Tardamos aproximadamente una hora en llegar a la Hacienda Falcón. La finca es impresionante: un vasto terreno de campos verdes se extiende hasta donde alcanza la vista, con una gran casa de piedra y tejados de teja roja en el centro. La mansión es elegante y clásica, rodeada de jardines bien cuidados y un gran camino de entrada flanqueado por altos cipreses. En la distancia, se pueden ver establos y áreas de pastoreo para los caballos.

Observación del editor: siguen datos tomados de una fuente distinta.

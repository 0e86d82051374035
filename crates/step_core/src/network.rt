//! A network with the LSPs over it, and the book of what their paths reserve.
ghost use Rattle.std.specs.Prelude.{◌≡◌, ◌↔◌, ◌<◌, ◌≤◌, ◌+◌, ◌^◌, ◌++◌, ◌∷◌, [], Some, None, false, List, length, find, OnOk, OnErr, IsNone, IfOk, IfErr, IfSome, option_copied};
ghost use Rattle.std.specs.Arc.{arc_value};
ghost use Rattle.std.specs.List.{list_any};
ghost use Rattle.lsp_base.specs.Lsps.{HasAll, no_lsps, changed, effect_of, lsp_at, with_stale, without};
ghost use Rattle.delegate_rules.specs.Effects.{one_record};
ghost use Rattle.lsp_base.specs.Rooms.{IsWithinLimit, HasRoom};
ghost use Rattle.lsp_base.specs.Shares.{unreserved};
ghost use Rattle.lsp_base.specs.declared.path.Path.{Path};
ghost use Rattle.bandwidth_book.specs.Books.{IsReady, StandsFor, network_of};
ghost use Rattle.commit_core.specs.Verdicts.{verdict};
ghost use Rattle.link_reload.specs.Reloads.{must_have_links, with_entries};
ghost use Rattle.step_core.specs.Grants.{granting, own_of, snapshot_of, with_name};
ghost use Rattle.step_core.specs.Names.{is_of_grant};
ghost use Rattle.step_core.specs.Networks.{carried_out};
ghost use Rattle.step_core.specs.States.{is_awaited_as};
ghost use Rattle.te_snapshot.specs.Network.{network_of as network_in};
ghost use Rattle.te_snapshot.specs.Own.{own_shares};

use crate::name_table::NameTable;
use crate::names::AwaitedName;
use crate::queue::Queue;
use bandwidth_book::Book;
use commit_core::{PeerView, Ticket, Verdict, judge, own_tunnel};
use link_reload::{LinkReload, reload};
use lsp_base::{Effect, Lsp, LspBase, Path, Record, RecordChange, Tunnel, Why};
use lsp_words::Plsp;
use pcep_messages::Message;
use pcep_word::Priority;
use sequence::Sequence;
use std::alloc::{AllocError, Global};
use std::marker::Model;
use std::sync::Arc;
use te_base::{LinkNumber, TeBase};
use te_snapshot::{OwnShares, Snapshot, Topology};

/// The links and nodes, what is known of the LSPs over them, the names of granted initiations that no report has named
/// yet, and the book of what the paths reserve. A contract doesn't see the book: for every value of `Network` the book
/// stands for its paths.
pub struct Network {
    alloc: Global,
    te: TeBase,
    lsps: LspBase,
    names: NameTable,
    book: Book,
}

/// Drops each part. Written by hand because a derived drop would be proved again for every owner.
impl Drop for Network {
    fn drop(self) {
        let Network {
            alloc: _,
            te,
            lsps,
            names,
            book,
        } = self;
        drop(te);
        drop(lsps);
        drop(names);
        drop(book);
    }
}

impl Model for Network {
    ghost use Rattle.step_core.specs.Networks.{Network as Known, IsBooked};

    ghost Value = { Known };

    ghost view = { λ n. record { te = n.te; base = n.lsps.content; names = n.names.names } };

    ghost invariant = { λ n. IsBooked n.te n.lsps.content n.book };
}

/// Makes all the room that an effect needs, and changes nothing.
fn make_room(lsps: &mut LspBase, book: &mut Book, effect: &Effect) -> Result<(), AllocError>
    ensures room { OnOk result (HasRoom lsps.new effect.now) }
    ensures ready { OnOk result (IsReady book.new effect.now.change) }
    ensures same_lsps { lsps.new.content ≡ lsps.old.content }
    ensures same_network { network_of book.new ≡ network_of book.old }
    ensures stands { (paths : List Path) → StandsFor book.old paths → StandsFor book.new paths }
{
    lsps.reserve(effect)?;
    book.reserve(&effect.change)
}

/// Carries out an effect on the LSPs of a peer, in reserved room.
fn make_change(lsps: &mut LspBase, book: &mut Book, peer: u32, effect: Effect)
    requires room { HasRoom lsps.old effect }
    requires few { IsWithinLimit lsps.old.content effect }
    requires ready { IsReady book.old effect.change }
    ensures changed { lsps.new.content ≡ changed lsps.old.content peer effect }
    ensures same_network { network_of book.new ≡ network_of book.old }
    ensures stands { (paths : List Path) → StandsFor book.old paths → HasAll paths effect.change.dropped
        → StandsFor book.new (without paths effect.change.dropped ++ effect.change.added) }
{
    book.change(&effect.change);
    lsps.change(peer, effect);
}

/// Makes the effect that adds a path, and nothing else.
fn granting(alloc: Global, path: Path) -> Result<Effect, AllocError>
    ensures { IfOk result (λ effect. effect ≡ granting path) }
{
    let added = vec![in alloc; path]?;
    Ok(Effect::new(Vec::new(alloc), added, Vec::new(alloc), false))
}

/// Makes the effect that sets a record, and nothing else.
fn setting(alloc: Global, plsp: Plsp, lsp: Lsp) -> Result<Effect, AllocError>
    ensures { IfOk result (λ effect. effect ≡ effect_of [] [] (one_record plsp lsp) false) }
{
    let change = RecordChange {
        plsp,
        lsp: Some(lsp),
    };
    let records = vec![in alloc; change]?;
    Ok(Effect::new(Vec::new(alloc), Vec::new(alloc), records, false))
}

/// Makes room for a name, if there is one.
fn reserve_name(names: &mut NameTable, name: &Option<AwaitedName>) -> Result<(), AllocError>
    ensures room { OnOk result (IfSome name.now (λ a. 0 < names.new.room)) }
    ensures names { names.new.names ≡ names.old.names }
{
    match name {
        Some(_) => names.reserve(),
        None => Ok(()),
    }
}

/// Holds a name from now on, if there is one, in reserved room.
fn hold_name(names: &mut NameTable, name: Option<AwaitedName>)
    requires room { IfSome name (λ a. 0 < names.old.room) }
    requires absent { IfSome name (λ a. list_any (is_of_grant a.peer a.srp) names.old.names ≡ false) }
    ensures { names.new.names ≡ with_name names.old.names name }
{
    if let Some(name) = name {
        names.add(name);
    }
}

impl Network {
    /// Makes a network of which nothing was reported yet. Drops the links and nodes if memory runs out.
    pub fn new(alloc: Global, te: TeBase) -> Result<Network, AllocError>
        ensures { IfOk result (λ network. network ≡ record { te = te; base = no_lsps; names = [] }) }
    {
        let topology = Arc::new(alloc, Topology::new(alloc, &te)?)?;
        let book = Book::new(alloc, topology)?;
        Ok(Network {
            alloc,
            te,
            lsps: LspBase::new(alloc),
            names: NameTable::new(alloc),
            book,
        })
    }

    /// Carries out an effect on the LSPs of a peer, in the lists and in the book. It makes all the room that
    /// it needs before it changes anything.
    pub fn carry_out(&mut self, peer: u32, effect: Effect) -> Result<(), AllocError>
        requires few { IsWithinLimit self.old.base effect }
        requires stand { HasAll self.old.base.paths effect.change.dropped }
        ensures changed { OnOk result (self.new ≡ carried_out self.old peer effect) }
        ensures unchanged_without_memory { OnErr result (self.new ≡ self.old) }
    {
        make_room(&mut self.lsps, &mut self.book, &effect)?;
        self.names.drop_names(effect.change.dropped.as_slice());
        make_change(&mut self.lsps, &mut self.book, peer, effect);
        Ok(())
    }

    /// Does what `carry_out` does, and appends a message to a queue. If memory runs out the queue is as before too.
    pub fn carry_out_saying(
        &mut self,
        peer: u32,
        effect: Effect,
        queue: &mut Queue,
        message: Message,
    ) -> Result<(), AllocError>
        requires few { IsWithinLimit self.old.base effect }
        requires stand { HasAll self.old.base.paths effect.change.dropped }
        ensures changed { OnOk result (self.new ≡ carried_out self.old peer effect) }
        ensures queued { OnOk result (queue.new ≡ queue.old ++ message ∷ []) }
        ensures unchanged_without_memory { OnErr result (self.new ≡ self.old) }
        ensures same_queue { OnErr result (queue.new ≡ queue.old) }
    {
        make_room(&mut self.lsps, &mut self.book, &effect)?;
        queue.push(message)?;
        self.names.drop_names(effect.change.dropped.as_slice());
        make_change(&mut self.lsps, &mut self.book, peer, effect);
        Ok(())
    }

    /// Grants a path to a peer: adds the path, holds the name that its LSP is to have, and appends the message that
    /// asks the peer for it to a queue. It makes all the room that it needs before it changes anything.
    pub fn grant(
        &mut self,
        peer: u32,
        path: Path,
        name: Option<AwaitedName>,
        queue: &mut Queue,
        message: Message,
    ) -> Result<(), AllocError>
        requires few { length self.old.base.paths < 16384 }
        requires absent { IfSome name (λ a. list_any (is_of_grant a.peer a.srp) self.old.names ≡ false) }
        ensures granted { OnOk result (self.new ≡ record self.old { base = changed self.old.base peer (granting path); names = with_name self.old.names name }) }
        ensures queued { OnOk result (queue.new ≡ queue.old ++ message ∷ []) }
        ensures unchanged_without_memory { OnErr result (self.new ≡ self.old) }
        ensures same_queue { OnErr result (queue.new ≡ queue.old) }
    {
        let effect = granting(self.alloc, path)?;
        make_room(&mut self.lsps, &mut self.book, &effect)?;
        reserve_name(&mut self.names, &name)?;
        queue.push(message)?;
        make_change(&mut self.lsps, &mut self.book, peer, effect);
        hold_name(&mut self.names, name);
        Ok(())
    }

    /// Adds a path at the end, and changes nothing else.
    pub fn add_path(&mut self, path: Path) -> Result<(), AllocError>
        requires few { length self.old.base.paths < 16384 }
        ensures added { OnOk result (self.new ≡ record self.old { base = record self.old.base { paths = self.old.base.paths ++ path ∷ [] } }) }
        ensures unchanged_without_memory { OnErr result (self.new ≡ self.old) }
    {
        let peer = path.peer;
        let effect = granting(self.alloc, path)?;
        self.carry_out(peer, effect)
    }

    /// Adds a record at the end, and changes nothing else.
    pub fn add_record(&mut self, known: Record) -> Result<(), AllocError>
        requires absent { lsp_at self.old.base.records known.peer known.plsp ≡ None }
        ensures added { OnOk result (self.new ≡ record self.old { base = record self.old.base { records = self.old.base.records ++ known ∷ [] } }) }
        ensures unchanged_without_memory { OnErr result (self.new ≡ self.old) }
    {
        let Record { peer, plsp, lsp } = known;
        let _few = self.lsps.paths();
        let effect = setting(self.alloc, plsp, lsp)?;
        self.carry_out(peer, effect)
    }

    /// Adds the name of a grant that has none at the end, and changes nothing else.
    pub fn add_name(&mut self, name: AwaitedName) -> Result<(), AllocError>
        requires absent { list_any (is_of_grant name.peer name.srp) self.old.names ≡ false }
        ensures added { OnOk result (self.new ≡ record self.old { names = self.old.names ++ name ∷ [] }) }
        ensures unchanged_without_memory { OnErr result (self.new ≡ self.old) }
    {
        self.names.reserve()?;
        self.names.add(name);
        Ok(())
    }

    /// Makes the peer's paths stale, and changes nothing else. A stale path reserves what it did.
    pub fn mark_stale(&mut self, peer: u32)
        ensures { self.new ≡ record self.old { base = with_stale self.old.base peer } }
    {
        self.lsps.mark_stale(peer);
    }

    /// Gives links other values, and counts the reload. A list that names a link that doesn't exist is refused, and
    /// changes nothing. Allocates nothing.
    pub fn reload(&mut self, entries: &[LinkReload], changes: &mut u64) -> Result<(), Why>
        requires { changes.old < 2 ^ 62 }
        ensures taken { OnOk result (must_have_links self.old.te entries.now ≡ None) }
        ensures refused { IfErr result (λ why. must_have_links self.old.te entries.now ≡ Some why) }
        ensures values { OnOk result (self.new ≡ record self.old { te = with_entries self.old.te entries.now }) }
        ensures counted { OnOk result (changes.new ≡ changes.old + 1) }
        ensures same_network { OnErr result (self.new ≡ self.old) }
        ensures same_count { OnErr result (changes.new ≡ changes.old) }
    {
        reload(&mut self.te, &mut self.book, entries, changes)
    }

    /// Reads what is left on a link at a priority, in bytes per second, from the book's stored sums. `None` if there is
    /// no such link. Allocates nothing.
    pub fn unreserved(&self, link: LinkNumber, priority: Priority) -> Option<i64>
        ensures no_such_link { IsNone result ↔ (length self.now.te.links ≤ link) }
        ensures left { IfSome result (λ left. left ≡ unreserved self.now.te.links self.now.base.paths link priority) }
    {
        let _there = self.te.link(link)?;
        Some(self.book.unreserved(link, priority))
    }

    /// Returns the network with what is left of every link. It is the last snapshot again if no path and no link
    /// changed since. If memory runs out nothing has changed.
    pub fn snapshot(&mut self) -> Result<Snapshot, AllocError>
        ensures snapshot { IfOk result (λ snapshot. snapshot ≡ snapshot_of self.old.te self.old.base) }
        ensures same { self.new ≡ self.old }
    {
        self.book.snapshot()
    }

    /// Returns the network with the current links: that of the last snapshot, or a new one if a link has other values
    /// since.
    pub fn topology_now(&self) -> Result<Arc<Topology, Global>, AllocError>
        ensures { IfOk result (λ topology. arc_value topology ≡ network_in self.now.te) }
    {
        self.book.topology_now()
    }

    /// Lists what the tunnel of the ticket's LSP reserves already, link by link.
    pub fn own_shares(&self, ticket: &Ticket) -> Result<OwnShares, AllocError>
        ensures { IfOk result (λ own. own ≡ own_of self.now.te self.now.base ticket.now) }
    {
        match own_tunnel(&self.lsps, ticket.peer, &ticket.purpose) {
            Some(tunnel) => self.book.own_shares(&tunnel),
            None => Ok(Sequence::from_vec(Vec::new(self.alloc))),
        }
    }

    /// Lists what a tunnel reserves already, link by link.
    pub fn shares_of(&self, tunnel: &Tunnel) -> Result<OwnShares, AllocError>
        ensures { IfOk result (λ own. own ≡ own_shares self.now.base.paths tunnel.now (length self.now.te.links)) }
    {
        self.book.own_shares(tunnel)
    }

    /// Decides what becomes of a ticket whose search has answered. Allocates nothing.
    pub fn judge(&self, ticket: &Ticket, offer: Option<&Path>, view: PeerView) -> Verdict
        ensures { result ≡ verdict ticket.now (option_copied offer.entry) self.now.base self.now.te view }
    {
        judge(ticket, offer, &self.lsps, &self.book, &self.te, view)
    }

    /// Tests whether a granted initiation of the peer has the name and no report has named it yet.
    pub fn is_name_awaited(&self, peer: u32, name: &[u8]) -> bool
        ensures { result ≡ list_any (is_awaited_as peer name.now) self.now.names }
    {
        self.names.is_awaited(peer, name)
    }

    /// Finds the name of the peer's grant of an SRP-ID.
    pub fn name_of_grant(&self, peer: u32, srp: u32) -> Option<&AwaitedName>
        ensures { option_copied result ≡ find (is_of_grant peer srp) self.now.names }
    {
        self.names.of_grant(peer, srp)
    }

    /// Lends the names of granted initiations that no report has named yet.
    pub fn names(&self) -> &[AwaitedName]
        ensures { result.now ≡ self.now.names }
    {
        self.names.as_slice()
    }

    /// Lends what is known of the LSPs.
    pub fn lsps(&self) -> &LspBase
        ensures { result.now.content ≡ self.now.base }
    {
        &self.lsps
    }

    /// Lends the links and nodes.
    pub fn te_base(&self) -> &TeBase
        ensures { result.now ≡ self.now.te }
    {
        &self.te
    }
}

Al llegar, me reencontré con Flavia y mi suegra. La señora Virginia Falcon saluda a Edward con un abrazo afectuoso.
— ¿Qué tal el viaje, hijo? —pregunta su madre con un tono maternal.
— Bastante tranquilo, mamá —responde Edward, abrazándola con cariño.
— Mucho gusto volver a verla, señora —saludo, abrazando a la madre de Edward.
— El gusto es mío, Diana. Eres bonita y distinguida. Mi hijo no pudo elegir a una mejor mujer —dice ella, con una cálida sonrisa.
Edward me abraza por la cintura.
— Mi esposa es la mejor.
De repente, un caballo desbocado se acerca a nosotros. Es de un color marrón oscuro, pero lo que realmente llama mi atención es el jinete. Es un hombre con el cabello n***o azabache y ojos azules, que me dedica una sonrisa encantadora.
— ¡Qué bonito! —exclamo, maravillada por la imagen del jinete y su elegante montura.
— Llévate a ese animal de acá, Juan Diego —ordena su madre, con una mezcla de preocupación y autoridad.
Juan Diego baja del caballo y le dice a un empleado que lo lleve al establo.
— ¡Qué buen recibimiento! Casi nos matas, torpe —le reprocha Edward con una sonrisa.
Juan Diego lo abraza con entusiasmo.
— Al fin apareces, y muy bien acompañado. —Luego me mira a mí con una curiosidad amistosa.
Me acerco tímidamente y le extiendo la mano.
— Mucho gusto.
— Ella es mi esposa Diana. Él es mi hermano Juan Diego Falcón —presenta Edward con un leve tono de orgullo.
— El rebelde de la familia —bromea Hugo, con una risa.
— No les creas a estos chismosos, cuñadita —dice Juan Diego, tomando mi mano y jalándome hacia él para darme un abrazo cálido.
Al contacto con él, siento una descarga de electricidad. Su abrazo es cálido y seguro, y no puedo evitar sentirme atraída por su presencia. A pesar de tratar de mantener la calma, mis manos tiemblan ligeramente y mi corazón acelera su ritmo. Hay algo en su sonrisa y en la forma en que me mira que me hace sentir incómoda y emocionada a la vez.
No sé por qué estoy temblando ante su contacto, pero trato de mantener la calma mientras me abrazo a él.